_Brief_
Begin with the line containing "kept_state (with_minutes (new_alarm" and copy each line exactly through the last line of the entries, inclusive.

_Supplied entries_
//! Laws about the definitions in `specs/`. Nothing runs here: each function is empty, and its
//! contract is the law.

ghost use Rattle.std.specs.Prelude.{◌≡◌, ◌↔◌, ℕ, ◌+◌, ◌≤◌, ◌<◌, not, List, ◌++◌, length, IsTrue};
ghost use Rattle.std.specs.List.{All};
ghost use Rattle.circular_buffer.specs.Buffer.{keep_last};
ghost use Rattle.queue_config.specs.AlarmRules.{Rule};
ghost use Rattle.queue_config.specs.declared.operator.Operator.TheVariants.{GreaterThanThreshold, GreaterThanOrEqualToThreshold, LessThanThreshold, LessThanOrEqualToThreshold};
ghost use Rattle.metric_window.specs.declared.row.Row.{Row};
ghost use Rattle.alarm.specs.AlarmState.{compares, satisfies, breaches_in, state_with, alarm_state_of};
ghost use Rattle.alarm.specs.declared.state.AlarmState.TheVariants.{InsufficientData, Okay, Alarm};
ghost use Rattle.alarm.specs.KeptAlarm.{new_alarm, with_minutes, kept_state};

/// What each state says.
pub fn states_tell_minutes_and_breaches()
    ensures insufficient { (rule : Rule) (complete breaching : ℕ)
        → (state_with rule complete breaching ≡ InsufficientData) ↔ (complete < rule.minutes) }
    ensures alarm { (rule : Rule) (complete breaching : ℕ)
        → (state_with rule complete breaching ≡ Alarm) ↔ ((rule.minutes ≤ complete) × (rule.breaches ≤ breaching)) }
    ensures okay { (rule : Rule) (complete breaching : ℕ)
        → (state_with rule complete breaching ≡ Okay) ↔ ((rule.minutes ≤ complete) × (breaching < rule.breaches)) }
{}

/// An alarm that is on stays on with more breaches, and after more minutes.
pub fn more_breaches_keep_an_alarm()
    ensures breaches { (rule : Rule) (complete fewer more : ℕ) → fewer ≤ more
        → state_with rule complete fewer ≡ Alarm → state_with rule complete more ≡ Alarm }
    ensures minutes { (rule : Rule) (earlier later breaching : ℕ) → earlier ≤ later
        → state_with rule earlier breaching ≡ Alarm → state_with rule later breaching ≡ Alarm }
{}

/// Each value satisfies one of two opposite operators, and not the other.
pub fn operators_are_opposites()
    ensures greater { (value threshold : ℕ)
        → compares GreaterThanThreshold value threshold ≡ not (compares LessThanOrEqualToThreshold value threshold) }
    ensures less { (value threshold : ℕ)
        → compares LessThanThreshold value threshold ≡ not (compares GreaterThanOrEqualToThreshold value threshold) }
{}

/// The breaches of minutes that are counted in two parts add up, so that their order does not count.
pub fn breaches_add_up()
    ensures parts { (rule : Rule) (rows more : List Row)
        → breaches_in rule (rows ++ more) ≡ breaches_in rule rows + breaches_in rule more }
    ensures order { (rule : Rule) (complete : ℕ) (rows more : List Row)
        → alarm_state_of rule complete (rows ++ more) ≡ alarm_state_of rule complete (more ++ rows) }
{}

/// Where a rule asks for all of its minutes, it is on only where each of them is a breach.
pub fn all_minutes_are_breaches()
    ensures { (rule : Rule) (complete : ℕ) (rows : List Row) → length rows ≤ rule.breaches
        → alarm_state_of rule complete rows ≡ Alarm → All (λ row. IsTrue (satisfies rule row)) rows }
{}

/// An alarm that was told the rows of all minutes since the queue's creation, one by one, has the state of
/// its rule: by how many they are, and by the last ones.
pub fn states_are_of_the_rows_told()
    ensures { (rule : Rule) (rows : List Row)
        → kept_state (with_minutes (new_alarm rule) rows) ≡ alarm_state_of rule (length rows) (keep_last rule.minutes rows) }
{}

_Answer space_
        → kept_state (with_minutes (new_alarm rule) rows) ≡ alarm_state_of rule (length rows) (keep_last rule.minutes rows) }
{}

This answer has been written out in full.